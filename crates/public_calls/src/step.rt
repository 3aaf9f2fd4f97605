//! Calls of `life_step`.

use life_base::StepFault;
use life_quad::Shared;
use life_step::{step_life, step_table};
use life_table::Table;
use std::alloc::Global;

pub fn life_step(alloc: Global, store: &mut Shared, bytes: &[u8]) -> Result<Vec<u8>, StepFault> {
    step_life(alloc, store, bytes)
}

pub fn table_step(
    alloc: Global,
    store: &mut Shared,
    bytes: &[u8],
    table: &Table,
) -> Result<Vec<u8>, StepFault> {
    step_table(alloc, store, bytes, table)
}
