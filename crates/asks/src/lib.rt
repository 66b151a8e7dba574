// Early, late and short over a tables file: one join serves the three.
#![tactic(auto)]

ghost use Rattle.std.specs.Prelude.{◌≡◌, ℕ, ◌+◌, ◌≤◌, Ok};
ghost use Rattle.kinds.specs.Kinds.{minute_of};
ghost use Rattle.kinds.specs.Limits.{most_stops};
ghost use Rattle.journeys.specs.Tables.{outs, ins, Sketch};
ghost use Rattle.tables.specs.File.{tables_of};
ghost use Rattle.asks.specs.Found.{FoundIn, fits_b, ahead_b, better_b, against, taken};
ghost use Rattle.asks.specs.Candidates.{FromOuts};
ghost use Rattle.tables.specs.Good.{GoodFile};
ghost use Rattle.asks.specs.declared.Wanted.TheVariants as wanted;
ghost use Rattle.asks.specs.Asks.{minute_read, minutes_read, ask_read, asked, Answers, GoodAsk};
ghost use Rattle.asks.specs.Join.{Sets, OutTurn, OutsDone, InsDone, in_turn};

use journeys::Criterion;
use kinds::{Label, Minute, Reason, Refusal, Stop};
use label_sets::Moment;
use tables::{Bounds, File};

// A journey by its time pair.
#[derive(Clone, Copy)]
pub struct Journey {
    pub dep: u16,
    pub arr: u16,
}

// An ask's minutes as they are given.
#[derive(Clone, Copy)]
pub enum Wanted {
    Early(u32),
    Late(u32),
    Short(u32, u32),
}

// An ask that is in order: two different stops and a criterion.
#[derive(Clone, Copy)]
pub struct Asked {
    pub from: u16,
    pub to: u16,
    pub criterion: Criterion,
}

// What the out-labels gave, and where among the in-labels the search for partners stands.
#[derive(Clone, Copy)]
struct Joined {
    best: Option<Journey>,
    next: usize,
}

#[tactic(auto, unfolding(crate::specs::Found::fits_b))]
fn fits(c: Criterion, d: u16, a: u16) -> bool
    ensures { result ≡ fits_b c d a }
{
    match c {
        Criterion::Early(t) => t <= d,
        Criterion::Late(t) => a <= t,
        Criterion::Short(t, t2) => t <= d && a <= t2,
    }
}

// Whether x comes before y, or they are the same and the tie is won.
#[tactic(auto, unfolding(crate::specs::Found::ahead_b))]
fn ahead(x: u32, y: u32, tie: bool) -> bool
    ensures { result ≡ ahead_b x y tie }
{
    x < y || (x == y && tie)
}

// Whether (d, a) is better than (e, b).
fn better(c: Criterion, d: u16, a: u16, e: u16, b: u16) -> bool
    ensures { result ≡ better_b c d a e b }
{
    match c {
        Criterion::Early(_) => ahead(u32::from(a), u32::from(b), e < d),
        Criterion::Late(_) => ahead(u32::from(e), u32::from(d), a < b),
        Criterion::Short(_, _) => ahead(
            u32::from(a) + u32::from(e),
            u32::from(b) + u32::from(d),
            d < e,
        ),
    }
}

// The better of a pair that fits and what was found.
fn rival(c: Criterion, d: u16, a: u16, best: Option<Journey>) -> Option<Journey>
    ensures { result ≡ against c d a best }
{
    match best {
        Some(j) if !better(c, d, a, j.dep, j.arr) => Some(j),
        _ => Some(Journey { dep: d, arr: a }),
    }
}

// One pair more.
#[tactic(auto, unfolding(crate::specs::Found::taken))]
fn take(c: Criterion, d: u16, a: u16, best: Option<Journey>) -> Option<Journey>
    ensures { result ≡ taken c d a best }
{
    if fits(c, d, a) {
        rival(c, d, a, best)
    } else {
        best
    }
}

// What out-label k, read as l, gives: its own pair where its hub is the stop asked for, else with its partner's arrival.
#[tactic(auto, using(label_sets::specs::SetsLaws::set_bounds))]
fn out_turn(
    file: File<'_>,
    q: Asked,
    in_to: usize,
    k: usize,
    l: Label,
    m: usize,
    best: Option<Journey>,
) -> Option<Journey>
    requires turn { (outFrom outTo inFrom : ℕ) × Sets file.bytes.now file.stops q.from q.to outFrom outTo inFrom in_to ×
        OutTurn file.bytes.now q.from outTo inFrom in_to k l m }
    requires found_in { FoundIn (FromOuts (tables_of file.bytes.now) q.from q.to k) q.criterion best }
    ensures { FoundIn (FromOuts (tables_of file.entry.bytes.now) q.from q.to (k + 1)) q.criterion result }
{
    if l.hub == q.to {
        return take(q.criterion, l.dep, l.arr, best);
    }
    if in_to <= m {
        return best;
    }
    let p = file.label_at(m);
    if p.hub == l.hub {
        return take(q.criterion, l.dep, p.arr, best);
    }
    best
}

// The out-labels of FROM in order; the place of the partners only moves forward.
#[tactic(auto, using(label_sets::specs::SetsLaws::set_bounds, crate::proofs::JoinLaws::outs_begin))]
fn over_outs(file: File<'_>, q: Asked, outs: Bounds, ins: Bounds) -> Joined
    requires { Sets file.bytes.now file.stops q.from q.to outs.start outs.end ins.start ins.end }
    ensures { OutsDone file.entry.bytes.now q.from q.to q.criterion outs.start outs.end ins.end result.best result.next outs.end }
{
    let mut best = None;
    let mut next = ins.start;
    for k in outs.start..outs.end {
        let l = file.label_at(k);
        next = label_sets::seek(file, next, ins.end, l.hub, Moment::Leaving(l.arr));
        best = out_turn(file, q, ins.end, k, l, next, best);
    }
    Joined { best, next }
}

// What in-label l gives: its own pair where its hub is u.
#[tactic(auto, unfolding(crate::specs::Join::in_turn))]
fn in_turn(c: Criterion, u: u16, l: Label, best: Option<Journey>) -> Option<Journey>
    ensures { result ≡ in_turn c u l best }
{
    if l.hub == u {
        take(c, l.dep, l.arr, best)
    } else {
        best
    }
}

// The in-labels of TO from the place of the partners on, until their hubs are past FROM. All are looked at, whatever the out-labels gave.
#[tactic(auto, using(label_sets::specs::SetsLaws::set_bounds, crate::proofs::JoinLaws::ins_stop))]
fn over_ins(
    file: File<'_>,
    q: Asked,
    from: usize,
    in_to: usize,
    best: Option<Journey>,
) -> Option<Journey>
    requires sets { (outFrom outTo inFrom : ℕ) × Sets file.bytes.now file.stops q.from q.to outFrom outTo inFrom in_to }
    requires ins_done { InsDone file.bytes.now q.from q.to q.criterion in_to best from }
    ensures { InsDone file.entry.bytes.now q.from q.to q.criterion in_to result in_to }
{
    let mut found = best;
    for k in from..in_to {
        let l = file.label_at(k);
        if q.from < l.hub {
            return found;
        }
        found = in_turn(q.criterion, q.from, l, found);
    }
    found
}

// The best sketch of a good ask.
#[tactic(auto, using(crate::proofs::JoinLaws::sets_of, crate::proofs::JoinLaws::ins_begin, crate::proofs::InsFoundLaws::ins_found))]
pub fn best_sketch(file: File<'_>, q: Asked) -> Option<Journey>
    requires good_file { GoodFile file.bytes.now file.stops }
    requires good_ask { GoodAsk file.stops q }
    ensures { FoundIn (Sketch (tables_of file.entry.bytes.now) q.from q.to) q.criterion result }
{
    let outs = file.outs_of(q.from);
    let ins = file.ins_of(q.to);
    let joined = over_outs(file, q, outs, ins);
    over_ins(file, q, joined.next, ins.end, joined.best)
}

// A minute of an ask, or 14.
fn minute(t: u32) -> Result<u16, Reason>
    ensures { result ≡ minute_read (minute_of t) }
{
    Ok(Minute::new(t).ok_or(Reason::MinuteHigh)?.0)
}

// The minutes judged: a criterion, or 14, then 15.
#[tactic(auto, unfolding(crate::specs::Asks::minutes_read))]
fn judge_minutes(w: Wanted) -> Result<Criterion, Reason>
    ensures { result ≡ minutes_read w }
{
    match w {
        Wanted::Early(t) => Ok(Criterion::Early(minute(t)?)),
        Wanted::Late(t) => Ok(Criterion::Late(minute(t)?)),
        Wanted::Short(t, t2) => {
            let first = minute(t)?;
            let last = minute(t2)?;
            if last < first {
                return Err(Reason::MinutesCrossed);
            }
            Ok(Criterion::Short(first, last))
        }
    }
}

// The stops and the minutes of an ask, among `n` stops: 12, 13, 14, 15.
#[tactic(auto, unfolding(crate::specs::Asks::ask_read))]
pub fn judge_ask(n: u16, from: u32, to: u32, w: Wanted) -> Result<Asked, Refusal>
    requires { n ≤ most_stops }
    ensures { result ≡ ask_read n from to w }
{
    let count = u32::from(n);
    let u = Stop::new(from, count).ok_or(Reason::StopHigh)?;
    let v = Stop::new(to, count).ok_or(Reason::StopHigh)?;
    if u.0 == v.0 {
        return Err(Refusal::new(Reason::SameStop, 0));
    }
    Ok(Asked {
        from: u.0,
        to: v.0,
        criterion: judge_minutes(w)?,
    })
}

// The answer to a good ask over good tables.
fn answer_good(file: File<'_>, q: Asked) -> Result<Journey, Refusal>
    requires good_file { GoodFile file.bytes.now file.stops }
    requires good_ask { GoodAsk file.stops q }
    ensures { Answers (tables_of file.entry.bytes.now) (Ok q) result }
{
    best_sketch(file, q).ok_or(Refusal::new(Reason::NoJourney, 0))
}

// Any ask over any bytes.
#[tactic(auto, unfolding(crate::specs::Asks::asked), using(crate::proofs::AskLaws::ask_good, tables::specs::GoodLaws::judged_good))]
pub fn answered(tables: &[u8], from: u32, to: u32, w: Wanted) -> Result<Journey, Refusal>
    ensures { Answers (tables_of tables.now) (asked tables.now from to w) result }
{
    let stops = tables::judge(tables)?;
    let q = judge_ask(stops, from, to, w)?;
    answer_good(
        File {
            bytes: tables,
            stops,
        },
        q,
    )
}

// The three asks by name: docs/PROMISES.md has them so, and `kiosk` calls them.
// early(u, v, t): departure at least t; least arrival, then latest departure.
pub fn early(tables: &[u8], from: u32, to: u32, t: u32) -> Result<Journey, Refusal>
    ensures { Answers (tables_of tables.now) (asked tables.now from to (wanted.Early t)) result }
{
    answered(tables, from, to, Wanted::Early(t))
}

// late(u, v, t): arrival at most t; latest departure, then least arrival.
pub fn late(tables: &[u8], from: u32, to: u32, t: u32) -> Result<Journey, Refusal>
    ensures { Answers (tables_of tables.now) (asked tables.now from to (wanted.Late t)) result }
{
    answered(tables, from, to, Wanted::Late(t))
}

// short(u, v, t, t2): departure at least t, arrival at most t2; least duration, then earliest departure.
pub fn short(tables: &[u8], from: u32, to: u32, t: u32, t2: u32) -> Result<Journey, Refusal>
    ensures { Answers (tables_of tables.now) (asked tables.now from to (wanted.Short t t2)) result }
{
    answered(tables, from, to, Wanted::Short(t, t2))
}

Your instructions ▸ The output should consist only of the lines from the one with "pub fn early(tables: &[u8], from: u32, to: u32, t: u32)" through the final line of the records above, exactly.

Solution to the problem ▸
pub fn early(tables: &[u8], from: u32, to: u32, t: u32) -> Result<Journey, Refusal>
    ensures { Answers (tables_of tables.now) (asked tables.now from to (wanted.Early t)) result }
{
    answered(tables, from, to, Wanted::Early(t))
}

// late(u, v, t): arrival at most t; latest departure, then least arrival.
pub fn late(tables: &[u8], from: u32, to: u32, t: u32) -> Result<Journey, Refusal>
    ensures { Answers (tables_of tables.now) (asked tables.now from to (wanted.Late t)) result }
{
    answered(tables, from, to, Wanted::Late(t))
}

// short(u, v, t, t2): departure at least t, arrival at most t2; least duration, then earliest departure.
pub fn short(tables: &[u8], from: u32, to: u32, t: u32, t2: u32) -> Result<Journey, Refusal>
    ensures { Answers (tables_of tables.now) (asked tables.now from to (wanted.Short t t2)) result }
{
    answered(tables, from, to, Wanted::Short(t, t2))
}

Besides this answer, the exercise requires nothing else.